„Es kommt nicht von Herzen“

ARMENIER Zugeständnisse macht der türkische Staat nur auf Druck von außen, meint Rober Koptas, Hrant Dinks Nachfolger als Chefredakteur von „Agos“

■ 33, schreibt seit vier Jahren für die türkisch-armenische Wochenzeitschrift Agos. Im Juni löste er Etyen Mahcupyan als Chefredakteur ab, der die Zeitschrift nach dem Mord an Dink geleitet hatte. Amtlich trägt er den türkischen Vornamen Murat, weil seine Eltern Repressalien fürchteten.

taz: Herr Koptas, wie kommen Sie mit diesem schweren Erbe als Nach-Nachfolger von Hrant Dink klar?

Rober Koptas: Ich bin ja nicht neu bei Agos. Schon während Hrant hier der Chefredakteur war, habe ich für Agos gearbeitet und regelmäßig Kolumnen geschrieben. Ich kenne die Zeitschrift und ihre Leser gut und versuche wie Hrant, für einen guten Journalismus zu sorgen.

Unmittelbar nach der Ermordung von Hrant Dink hatte ja dessen Freund, der bekannte Publizist, Etyen Mahcupyan auch deshalb die Leitung von Agos übernommen, damit das Blatt nach dem Mord nicht ins Trudeln gerät. Hat sich die Situation jetzt stabilisiert?

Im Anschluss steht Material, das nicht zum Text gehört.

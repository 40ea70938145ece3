use crate::{Copied, Name};
use std::alloc::{AllocError, Global};

/// The word that answers a command, as PostgreSQL's command tags. `Select` has the number of rows.
#[derive(Clone, Copy)]
pub enum Tag {
    Begin,
    Start,
    Commit,
    Rollback,
    Savepoint,
    Release,
    Listen,
    Unlisten,
    Notify,
    Select(u32),
}

/// What precedes a tag: 25001 "there is already a transaction in progress", or 25P01 "there is no transaction in progress".
#[derive(Clone, Copy)]
pub enum Warning {
    AlreadyInBlock,
    NotInBlock,
}

/// Which limit of pg_notify or NOTIFY a line goes past.
#[derive(Clone, Copy)]
pub enum Which {
    ChannelEmpty,
    ChannelTooLong,
    PayloadTooLong,
}

/// Which command can only be used in a transaction block.
#[derive(Clone, Copy)]
pub enum Needs {
    Savepoint,
    RollbackTo,
    Release,
}

/// Why a command is refused. `at` counts bytes of the line's text, from 0.
pub enum Refusal {
    Syntax { at: u32 },
    Bounds { which: Which },
    NeedsBlock { what: Needs },
    NoSavepoint { name: Name },
    Aborted,
    QueueFull,
}

// Written out, so that this crate proves it once for all that drop one.
impl Drop for Refusal {
    fn drop(self) {
        match self {
            Refusal::NoSavepoint { name } => drop(name),
            Refusal::Syntax { at: _ }
            | Refusal::Bounds { which: _ }
            | Refusal::NeedsBlock { what: _ }
            | Refusal::Aborted
            | Refusal::QueueFull => {}
        }
    }
}

impl Copied for Refusal {
    fn copy(&self, alloc: Global) -> Result<Self, AllocError> {
        match self {
            Refusal::Syntax { at } => Ok(Refusal::Syntax { at: *at }),
            Refusal::Bounds { which } => Ok(Refusal::Bounds { which: *which }),
            Refusal::NeedsBlock { what } => Ok(Refusal::NeedsBlock { what: *what }),
            Refusal::NoSavepoint { name } => {
                let name = name.copy(alloc)?;
                Ok(Refusal::NoSavepoint { name })
            }
            Refusal::Aborted => Ok(Refusal::Aborted),
            Refusal::QueueFull => Ok(Refusal::QueueFull),
        }
    }
}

Ja, die Situation der Zeitung hat sich normalisiert, sowohl was ihre wirtschaftliche Situation angeht auch als die Bedrohung durch Nationalisten. Für Agos arbeiten 20 Leute, die Hälfte davon in der Redaktion. Und wir verkaufen stabil um die 5.000 Exemplare in der Woche. Das hört sich zwar nicht nach so viel an, ist für die Türkei aber auch nicht schlecht. Außerdem ist Etyen ja weiter dabei. Er hat sich zwar aus dem täglichen Geschäft zurückgezogen, aber er nimmt an unseren Planungssitzungen teil.

Werden Sie bedroht?

Nach dem Mord haben wir sehr viele Drohungen bekommen, aber das hat kontinuierlich abgenommen – und ist im Moment fast völlig verschwunden.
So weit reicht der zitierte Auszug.